United States District Court, D. Alaska.
Jun 7, 1979
471 F. Supp. 1004 (D. Alaska 1979)

Opinion


471 F.Supp. 1004 (D.Alaska 1979) WISENAK, INC., an Alaska Corporation, Plaintiff, v. Cecil ANDRUS, Individually and as Secretary of the Interior of the United States of America, Defendant. No. F76-38 Civil. United States District Court, D. Alaska. June 7, 1979

[Copyrighted Material Omitted]         Alaska Legal Services Corporation, Michael J. Frank, Gregory M. O'Leary, Frederick Torrisi, Anchorage, Alaska, for plaintiff.

        Alexander O. Bryner, U. S. Atty. for Alaska, Anchorage, Alaska, for defendant.

        MEMORANDUM AND ORDER

        VON DER HEYDT, Chief Judge.

        THIS CAUSE comes before the court on plaintiff's motion for partial summary judgment and on defendant's motion for summary judgment.

        On December 18, 1971, Congress passed the Alaska Native Claims Settlement Act (ANCSA), 43 U.S.C. ss 1601-27 (1976), to provide a "fair and just settlement of all claims by Natives and Native groups of Alaska, based on aboriginal land claims." 43 U.S.C. s 1601(a). As a part of the claims settlement 43 U.S.C. s 1613(h)(2) authorized the Secretary of Interior to

withdraw and convey to a Native group that does not qualify as a Native village, if it incorporates under the laws of Alaska, title to the surface estate in not more than 23,040 acres surrounding the Native group's locality. The subsurface estate in such land shall be conveyed to the appropriate Regional Corporation.
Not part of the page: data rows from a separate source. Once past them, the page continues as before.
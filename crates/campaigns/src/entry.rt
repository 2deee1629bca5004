// Reading one campaign out of the arrays.
ghost use Rattle.std.specs.Prelude.{◌≡◌, ◌<◌};
ghost use Rattle.campaigns.specs.Limits.{max_campaigns};
ghost use Rattle.campaigns.specs.Campaign.{campaign_at};
ghost use Rattle.campaigns.specs.Cited.{FitsArrays};

use crate::{AGES, BUDGETS, Campaign, NAMED, TURNS};

// Campaign i, read out of the six columns: none of its numbers is wider than its column.
pub fn entry<'a>(i: usize, terms: &'a [u32; 128], counts: &'a [u16; 256]) -> Campaign
    requires { i < max_campaigns }
    ensures { (result ≡ campaign_at terms.now counts.now i) × FitsArrays result }
{
    Campaign {
        price: u64::from(terms[i]),
        budget: u64::from(terms[i + BUDGETS]),
        plays: u64::from(counts[i]),
        turns: u64::from(counts[i + TURNS]),
        age: u64::from(counts[i + AGES]),
        named: u64::from(counts[i + NAMED]),
    }
}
"Native group" is defined in 43 U.S.C. s 1602(d) as "any tribe, band, clan, village, community, or village association of Natives in Alaska composed of less than twenty-five Natives, who comprise a majority of the residents of the locality."
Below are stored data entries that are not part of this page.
// The letter of the latitude.
fn letter_of(c: u8) -> u8
    ensures { result ≡ (if is_flagged c then capital_n else capital_s) }
{
    if is_flagged(c) { b'N' } else { b'S' }
}

// The digits and blanks that six characters show.
// Kept: a closure around `digit_of`, since the search did not prove the function handed over by its name.
fn digits_of(call: &[u8; 6]) -> [u8; 6]
    ensures { result ≡ map digit_of call.now }
{
    call.map(|c| digit_of(c))
}

// The text of the latitude that six characters carry.
fn text_in(call: &[u8; 6]) -> [u8; 8]
    ensures { result ≡ text_in call.now }
{
    let [a, b, c, d, e, f] = digits_of(call);
    [a, b, c, d, b'.', e, f, letter_of(call[3])]
}

// The message of the first three characters.
fn message_in(call: &[u8; 6]) -> Message
    ensures { result ≡ message_of (bit_of (slice_index call.now 0)) (bit_of (slice_index call.now 1)) (bit_of (slice_index call.now 2)) }
{
    message_of(bit_of(call[0]), bit_of(call[1]), bit_of(call[2]))
}

// The destination of six characters that may stand at their places.
fn destination_in(call: &[u8; 6]) -> Option<Destination>
    ensures { result ≡ destination_with call.now (read_latitude (text_in call.now)) }
{
    let LatitudeRead {
        latitude,
        blanks,
        south,
        sixty,
    } = lonlat::read_latitude(&text_in(call))?;
    Some(Destination {
        latitude,
        message: message_in(call),
        blanks,
        south,
        hundred: is_flagged(call[4]),
        west: is_flagged(call[5]),
        sixty,
    })
}

// The destination of six call characters, of which the SSID is none; none is a refusal, 11.
pub fn read_destination(call: &[u8]) -> Option<Destination>
    ensures { result ≡ read_destination call.now }
{
    let call = call.try_into().ok()?;
    if are_characters(call) {
        destination_in(call)
    } else {
        None
    }
}

// ---- a destination, written

// The bit of a flag: a standard 1, or 0.
#[tactic(auto, unfolding(crate::specs::Character::flag_bit))]
fn flag_bit(flag: bool) -> Bit
    ensures { result ≡ flag_bit flag }
{
    if flag { Bit::Standard } else { Bit::Zero }
}

// The six characters of a latitude's text, the message's bits and the longitude's flags.
fn characters(text: [u8; 8], bits: [Bit; 3], hundred: bool, west: bool) -> [u8; 6]
    ensures { result ≡ characters_of text bits hundred west }
{
    [
        character_of(bits[0], text[0]),
        character_of(bits[1], text[1]),
        character_of(bits[2], text[2]),
        character_of(flag_bit(text[7] == b'N'), text[3]),
        character_of(flag_bit(hundred), text[5]),
        character_of(flag_bit(west), text[6]),
    ]
}

// A longitude taken apart.
fn sides_of(longitude: Longitude) -> Sides
    ensures { result ≡ sides_of longitude.0 }
{
    numbers::parts(longitude.0)
}

// The destination of a latitude with its blanks, a message and a longitude, whose offset and side it carries; or 15.
pub fn write_destination(
    latitude: Latitude,
    blanks: u8,
    message: Message,
    longitude: Longitude,
) -> DestinationWritten
    ensures { result ≡ write_destination latitude.0 blanks message longitude.0 }
{
    let sides = sides_of(longitude);
    if 1080000 <= sides.size {
        return DestinationWritten {
            bytes: [0; 6],
            refusal: 15,
        };
    }
    let mut text = [0u8; 8];
    let answer = lonlat::write_latitude(latitude, blanks, &mut text);
    if answer.refusal != 0 {
        return DestinationWritten {
            bytes: [0; 6],
            refusal: answer.refusal,
        };
    }
    let hundred = takes_hundred(sides.size / 6000);
    let bytes = characters(text, bits_of(message), hundred, sides.minus);
    DestinationWritten { bytes, refusal: 0 }
}

// ---- the information

// The information of what follows the type byte, under the offset and the side that the destination gave; its comment is
// the rest, from the ninth byte on. None is a refusal, 12.
pub fn read_information(s: &[u8], hundred: bool, west: bool) -> Option<Information>
    ensures { result ≡ read_information s.now hundred west }
{
    let &[a, b, c, d, e, f, code, table, ..] = s else {
        return None;
    };
    let longitude = read_longitude(hundred, west, a, b, c)?;
    let Motion { speed, course } = read_motion(d, e, f)?;
    Some(Information {
        longitude,
        speed,
        course,
        code,
        table,
    })
}

// A longitude's distance from 0.
fn size_of(longitude: Longitude) -> u32
    ensures { result ≡ unsigned_abs longitude.0 }
{
    sides_of(longitude).size
}

// Whether the information is out of the range that a writer takes.
#[tactic(auto, unfolding(crate::specs::Information::information_out, crate::specs::Longitude::longitude_out, crate::specs::Motion::motion_out))]
fn is_out(i: Information) -> bool
    ensures { result ≡ information_out i }
{
    1080000 <= size_of(i.longitude) || 799 < i.speed.0 || 360 < i.course.0
}

// The eight bytes of information that is in range.
fn information_bytes(i: Information) -> [u8; 8]
    requires { information_out i ≡ false }
    ensures { result ≡ information_bytes i }
{
    let [a, b, c] = longitude_field(size_of(i.longitude));
    let [d, e, f] = motion_field(i.speed.0, i.course.0);
    [a, b, c, d, e, f, i.code, i.table]
}

// Writes the eight bytes to the front of out, or answers 15 or 16 and leaves it alone.
pub fn write_information(i: Information, out: &mut [u8]) -> buffer::Answer
    ensures { ends result out.new ≡ wrote (information_refusal i) (information_bytes i) out.old }
{
    if is_out(i) {
        return buffer::refused(15);
    }
    buffer::write(&information_bytes(i), out)
}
        On December 28, 1971, ten days after enactment of ANCSA, the Secretary of Interior through his Assistant Secretary issued Public Land Order (PLO) 5150 which withdrew and reserved various federal public lands, subject to valid existing rights, as a utility and transportation corridor for the Alaska oil pipeline. 36 Fed.Reg. 25410 (December 31, 1971). The land order was issued "by virtue of the authority vested in the President and pursuant to Executive Order 10355 of May 26, 1952 (17 F.R. 4831). . . . " PLO 5150 established a corridor extending from the North Slope of Alaska (Prudhoe Bay) south to Valdez on Prince William Sound.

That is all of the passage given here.